前回はエリーのコーデはしなかったので、今回エリーは嬉しそうだった。大人っぽい感じでまとめたけど、その辺の希望が何かあれば今後それに合わせたコーデにしたい。
セイラとアリーシャは満足しているようだった。ただ、本当に不満がないかが心配。
しかし、セイラのミニスカ案もいい……確かにいいんだが、その場合は他人に見せたくない。家だけにして欲しいところ。俺のだから。
さて、こんな感じでコーデサンプルに使うかはショップのスタッフさんの判断に任せる。
割と普通なコーデになってると思うんだよな。前にみたいに目新しい感じではないから。
それでも、スタッフさんは喜んでくれたのでまあいいだろう。
その後は選んだコーデに合わせてアクセやシューズを選びに行く。
アクセはアリーシャやエリー中心にセイラのを選んでいた。これには俺は口を出さなかった。好みもあるし。それ以前に指輪を欲しいていわれるよな。

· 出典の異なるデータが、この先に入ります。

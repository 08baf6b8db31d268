//! Why an answer may be empty, as the path's tree shows, and a document.

ghost use Rattle.std.specs.Prelude.{ℕ, ◌<◌, ◌≤◌, length};
ghost use Rattle.serde_json_path_syntax.specs.Words.{NamesBelow, nodes_in, number_of, parts_bound};

use serde_json_path::JsonPath;
use serde_json_path_syntax::{Basic, Checked, Node, Operand, Part, QueryKind, Segment, Selector};
use std::alloc::{AllocError, Global};
use std::slice;

/// A part of a path that is often meant otherwise.
enum Slip {
    /// This name after a dot.
    Dotted(&'static str),
    /// A name after a dot that has a sign of a comparison in it, or a bracket, as other keyboards have them.
    DottedSign,
    /// This name alone in brackets.
    Quoted(&'static str),
    /// A name alone in brackets that has a dot in it.
    QuotedDot,
    /// A slice whose step is 0.
    StepZero,
    /// A query from the root that is compared with a literal, the same for all children.
    RootCompared,
    /// A call of `match` or `search` whose arguments are the other way round.
    Swapped,
    /// A call of `match`.
    Match,
}

/// What a path has, and what that means where nothing is selected; last what means that in some documents alone.
const REASONS: &[(Slip, &str)] = &[
    (
        Slip::Dotted("length"),
        "'length' is a member's name here; length(@.a) in a filter is how long a value is",
    ),
    (
        Slip::Dotted("size"),
        "'size' is a member's name here; length(@.a) in a filter is how long a value is",
    ),
    (
        Slip::Dotted("count"),
        "'count' is a member's name here; count(@.*) in a filter is how many nodes there are",
    ),
    (
        Slip::DottedSign,
        "'≤', '≥', '≠' and wide brackets are part of a name; write <=, >=, != and plain [ and ]",
    ),
    (
        Slip::Quoted("*"),
        "'*' in quotes is a member's name; without quotes it is every child",
    ),
    (Slip::StepZero, "a slice with step 0 selects nothing"),
    (
        Slip::Swapped,
        "the text comes first, then the pattern: match(@.a, 'b.*')",
    ),
    (
        Slip::QuotedDot,
        "a name in quotes is one member's, with its dots; $.a.b goes down by two",
    ),
    (
        Slip::RootCompared,
        "'$' in a filter is the whole document, the same for each child; '@' is the child",
    ),
    (
        Slip::Match,
        "match(@.a, 'b') wants the whole text to fit the pattern; search(@.a, 'b') a part of it",
    ),
];

/// A reason that counts for a document from which this path selects something.
#[derive(Drop)]
pub(crate) struct Sign {
    pub(crate) path: String,
    pub(crate) reason: &'static str,
}

/// What stands before the dot of the first name in brackets that has one, in a path's canonical text.
fn before_dot(path: &str) -> Option<&str> {
    path.split("['").skip(1).find_map(|after| {
        let (name, _) = after.split_once("']")?;
        let (before, _) = name.split_once('.')?;
        Some(before)
    })
}

impl Slip {
    /// Whether a node of a tree is this part.
    fn is_at(&self, tree: &Checked, node: &Node) -> bool
        requires { NamesBelow (length (nodes_in tree.now)) node.now }
    {
        match (self, node) {
            (
                Slip::Dotted(name),
                Node::Segment {
                    segment: Segment::DotName(own),
                    ..
                },
            ) => own.as_str() == *name,
            (
                Slip::DottedSign,
                Node::Segment {
                    segment: Segment::DotName(own),
                    ..
                },
            ) => has_foreign_sign(own.as_str()),
            (
                Slip::Quoted(_) | Slip::QuotedDot,
                Node::Segment {
                    segment: Segment::LongHand(selectors),
                    ..
                },
            ) => match selectors.as_slice() {
                [selector] => match tree.node(*selector) {
                    Node::Selector(Selector::Name(own)) => self.is_quoted(own.as_str()),
                    _ => false,
                },
                _ => false,
            },
            _ => self.is_in_brackets(tree, node),
        }
    }

    /// Whether a node of a tree that is no segment is this part.
    fn is_in_brackets(&self, tree: &Checked, node: &Node) -> bool
        requires { NamesBelow (length (nodes_in tree.now)) node.now }
    {
        match (self, node) {
            (Slip::StepZero, Node::Selector(Selector::Slice(slice))) => slice.step == Some(0),
            (Slip::RootCompared, Node::Basic(Basic::Relation { left, right, .. })) => {
                (is_root(tree, *left) && is_literal(tree.node(*right)))
                    || (is_literal(tree.node(*left)) && is_root(tree, *right))
            }
            (
                Slip::Swapped,
                Node::Call {
                    name,
                    arguments,
                    ..
                },
            ) => {
                let [text, pattern] = arguments.as_slice() else {
                    return false;
                };
                takes_pattern(name.as_str())
                    && is_literal(tree.node(*text))
                    && matches!(tree.node(*pattern), Node::Operand(Operand::Query(_)))
            }
            (Slip::Match, Node::Call { name, .. }) => name.as_str() == "match",
            _ => false,
        }
    }

    /// A path that selects something from documents of which the reason counts, by the canonical text of the path at hand: for a
    /// name with a dot, what stands before the dot; for a query from the root, members in an array; for `match`, `search`.
    fn sign(&self, alloc: Global, path: &str) -> Result<Option<String>, AllocError> {
        match self {
            Slip::QuotedDot => match before_dot(path) {
                Some(name) => Ok(Some(format!(in alloc; "$..['{name}']")?)),
                None => Ok(None),
            },
            Slip::RootCompared => Ok(Some(String::from_str(alloc, "$..[0].*")?)),
            Slip::Match => Ok(Some(path.replace(alloc, "match(", "search(")?)),
            _ => Ok(None),
        }
    }

    /// Whether this part is a slip in some documents alone.
    fn is_of_documents(&self) -> bool {
        matches!(self, Slip::QuotedDot | Slip::RootCompared | Slip::Match)
    }

    /// Whether a name alone in brackets is this part.
    fn is_quoted(&self, own: &str) -> bool {
        match self {
            Slip::Quoted(name) => own == *name,
            _ => own.contains('.'),
        }
    }
}

/// Which rows of [`REASONS`] a tree has.
#[derive(Drop)]
pub(crate) struct Marks {
    found: Vec<bool>,
}

impl Marks {
    /// Those of a tree. It fails where memory is refused.
    pub(crate) fn of(alloc: Global, tree: &Checked) -> Result<Marks, AllocError> {
        let mut found = Vec::new(alloc);
        for _ in REASONS {
            found.push(false)?;
        }
        let mut marks = Marks { found };
        marks.mark_below(tree, tree.segments());
        Ok(marks)
    }

    /// Marks the rows of a node of a tree.
    fn mark(&mut self, tree: &Checked, node: &Node)
        requires { NamesBelow (length (nodes_in tree.now)) node.now }
    {
        for (index, (slip, _)) in REASONS.iter().enumerate() {
            if slip.is_at(tree, node) {
                if let Some(found) = self.found.get_mut(index) {
                    *found = true;
                }
            }
        }
    }

    /// Marks the rows of some parts of a tree, and of what is below them.
    #[tactic(auto, using(serde_json_path_syntax::proofs::Tree::NamedParts::within_get))]
    fn mark_below(&mut self, tree: &Checked, parts: &[Part])
        requires { parts_bound parts.now ≤ length (nodes_in tree.now) }
    {
        for part in parts {
            let node = tree.node(*part);
            let (below, others) = parts_below(node);
            if may_slip(node) {
                self.mark(tree, node);
            }
            self.mark_below(tree, below);
            self.mark_below(tree, others);
        }
    }

    /// A reason why a path selects nothing, whatever the document: the first of the table.
    pub(crate) fn reason(&self) -> Option<&'static str> {
        for ((slip, reason), found) in REASONS.iter().zip(&self.found) {
            if *found && !slip.is_of_documents() {
                return Some(*reason);
            }
        }
        None
    }

    /// The reasons why a path may select nothing, each with what must be in the document.
    pub(crate) fn signs(&self, alloc: Global, path: &JsonPath) -> Result<Vec<Sign>, AllocError> {
        let mut signs = Vec::new(alloc);
        for ((slip, reason), found) in REASONS.iter().zip(&self.found) {
            if !*found || !slip.is_of_documents() {
                continue;
            }
            if let Some(path) = slip.sign(alloc, path.to_text(alloc)?.as_str())? {
                signs.push(Sign {
                    path,
                    reason: *reason,
                })?;
            }
        }
        Ok(signs)
    }
}

/// Whether a name has a sign of a comparison in it, or a bracket, as other keyboards have them. Most names are ASCII, which takes
/// few steps to see.
fn has_foreign_sign(name: &str) -> bool {
    !name.is_ascii() && name.contains(['≤', '≥', '≠', '［', '］', '【', '】'])
}

/// Whether a node is of a kind that has a slip.
fn may_slip(node: &Node) -> bool {
    matches!(
        node,
        Node::Segment { .. }
            | Node::Selector(Selector::Slice(_))
            | Node::Basic(Basic::Relation { .. })
            | Node::Call { .. }
    )
}

/// Whether a function's second argument is a pattern.
pub(crate) fn takes_pattern(name: &str) -> bool {
    name == "match" || name == "search"
}

/// Whether a node is a literal.
fn is_literal(node: &Node) -> bool {
    matches!(node, Node::Operand(Operand::Literal(_)))
}

/// Whether a part of a tree is an operand that is a query from the root.
fn is_root(tree: &Checked, part: Part) -> bool
    requires { number_of part < length (nodes_in tree.now) }
{
    let Node::Operand(Operand::Query(query)) = tree.node(part) else {
        return false;
    };
    matches!(
        tree.node(*query),
        Node::Query {
            kind: QueryKind::Root,
            ..
        }
    )
}

/// The parts that a node names, those of the right side of a comparison by themselves.
pub(crate) fn parts_below(node: &Node) -> (&[Part], &[Part])
    ensures first { (n : ℕ) → NamesBelow n node.now → parts_bound result.0.now ≤ n }
    ensures second { (n : ℕ) → NamesBelow n node.now → parts_bound result.1.now ≤ n }
{
    match node {
        Node::Query { segments, .. } => (segments.as_slice(), &[]),
        Node::Segment {
            segment: Segment::LongHand(selectors),
            ..
        } => (selectors.as_slice(), &[]),
        Node::LogicalOr(parts) | Node::LogicalAnd(parts) => (parts.as_slice(), &[]),
        Node::Call { arguments, .. } => (arguments.as_slice(), &[]),
        Node::Basic(Basic::Relation { left, right, .. }) => {
            (slice::from_ref(left), slice::from_ref(right))
        }
        Node::Selector(Selector::Filter(part))
        | Node::Basic(Basic::Paren { inner: part, .. } | Basic::Test { operand: part, .. })
        | Node::Operand(Operand::Query(part) | Operand::Call(part)) => (slice::from_ref(part), &[]),
        Node::Segment { .. } | Node::Selector(_) | Node::Operand(_) => (&[], &[]),
    }
}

シューズはセイラは動きやすいランニングシューズ、アリーシャは厚底ショートブーツ、エリーはマニッシュシューズかな。セイラもマニッシュシューズでもいいかも。
他の小物もいろいろ見て回り、それについて行く俺とトキオは大変だった……
ついでに俺もエリーの髪を盛るために、エクステをいろいろと買ってみた。セイラやアリーシャも面白がって選ぶので結構いっぱい買うことになってしまった。

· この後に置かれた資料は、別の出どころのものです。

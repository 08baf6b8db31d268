//! The program over its inputs and two writers.

ghost use Rattle.std.specs.Prelude.{◌≡◌, ◌≤◌, ◌⊎◌, [], IfOk, IfSome, OnOk, false, map, option_map, replicate, string_bytes, true};
ghost use Rattle.std.specs.Io.KnownBytes.{Appends};
ghost use Rattle.serde_json_path.specs.Paths.{path_tree};
ghost use Rattle.serde_json_path_reach.specs.Alike.{trees_of};
ghost use Rattle.serde_json_path_reach.specs.Readers.{Keeps};
ghost use Rattle.jsonpath_lines.specs.Coloured.{parameters_of};
ghost use Rattle.jsonpath_lines.specs.Sent.{AppendsBeginning};
ghost use Rattle.jpq_options.specs.Options.{AsksFor};
ghost use Rattle.jpq_options.specs.declared.options.Request as input;
ghost use Rattle.jpq_program.specs.Colours.{colours_for};
ghost use Rattle.jpq_program.specs.Inputs.{AreInputsShown, AreKnown, Opens, OpensFirst, OpensWanted};
ghost use Rattle.jpq_program.specs.Inside.{AnswersRun, AreBetween, Begins, OnlyTells, OpensBy, ReadsForPaths, SendsAll, SendsFor, SendsInputs, texts_asked, heads_in, is_quiet, is_whole, look_with, named_for, shows_places, status_after, status_of, told_after, wanted_in_part_by};
ghost use Rattle.jpq_program.specs.Run.{AreAllInPart, ComesOf, IsAnsweredInPart, IsChecked, IsCheckedInPart, IsPrinted, LacksMemory, canonical_lines, is_colored, look_in, looked_at_in, names_in, opened_in, output_in, path_files_in, path_texts, unit_in};

use crate::answering::Answering;
use crate::asked_path::AskedPath;
use crate::colours::{Colours, palette_in};
use crate::documents::Documents;
use crate::dress::Dress;
use crate::empty_answer::Marks;
use crate::inputs::Inputs;
use crate::paths::asked_paths;
use crate::patterns::no_pattern;
use crate::showing::Showing;
use crate::source::Heads;
use crate::streams::{Next, OUTPUT_FAILED, REFUSED, SELECTED, Stop, Streams, WRONG_USE};
use jpq_options::options::{Color, Options, Request, Shown, read};
use jsonpath_lines::{Form, Output, Palette};
use serde_json::Value;
use serde_json_path::DocumentReader;
use serde_json_path::functions::{CachedPatterns, PatternStore};
use serde_json_path_syntax::Checked;
use std::alloc::{AllocError, Global};
use std::io::Write;

/// Writes each path in its canonical form.
fn check<W: Write, E: Write>(paths: &[AskedPath], streams: &mut Streams<W, E>) -> Result<(), Stop>
    ensures out { string_bytes streams.old.pending ≡ [] → OnOk result
        (Appends (W.contents streams.old.out) (W.contents streams.new.out)
        (canonical_lines (map (λ path. path.path) paths.now))) }
    ensures begun { string_bytes streams.old.pending ≡ []
        → AppendsBeginning (W.contents streams.old.out) (W.contents streams.new.out)
        (canonical_lines (map (λ path. path.path) paths.now)) }
    ensures selected { OnOk result (streams.new.outcome
        ≡ record streams.old.outcome { selected = true }) }
    ensures quiet { streams.new.err ≡ streams.old.err }
{
    for path in paths {
        write!(streams.pending, "{}\n", path.path)?;
    }
    streams.outcome.selected = true;
    streams.write()
}

/// Tells of the first pattern in paths that is none, unless hints are left out.
fn hint_at_patterns<W: Write, E: Write>(
    alloc: Global,
    silent: bool,
    paths: &[AskedPath],
    streams: &mut Streams<W, E>,
) -> Result<(), Stop>
    ensures told { OnlyTells streams.old streams.new }
    ensures quiet { silent ≡ true → streams.new ≡ streams.old }
{
    if silent {
        return Ok(());
    }
    for path in paths {
        let tree = path.path.tree();
        if let Some(pattern) = no_pattern(alloc, tree, tree.segments())? {
            let pattern = Value::String(String::from_str(alloc, pattern)?);
            streams.tell(format!(in alloc;
                "jpq: no pattern, so nothing fits it: {pattern}\n"
            )?.as_str());
            return Ok(());
        }
    }
    Ok(())
}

「ヤマト、前の時より大変だった気がするんだが、この買い物」
「前より人数が絞られて好きに買い物できるからじゃないか?それにエリーもいろいろ抑えてたのが表に出て来たんじゃないの?」
「そんなもんかね?ヤマトと買い物で3人共浮かれてるだけじゃねぇの?」
「かもな」
それならそれでいい。特にエリーはいい子にしてたからその辺を伯父さんも気にはしたんだと思う。
うちで自分の好きなようにしてくれればいいかな。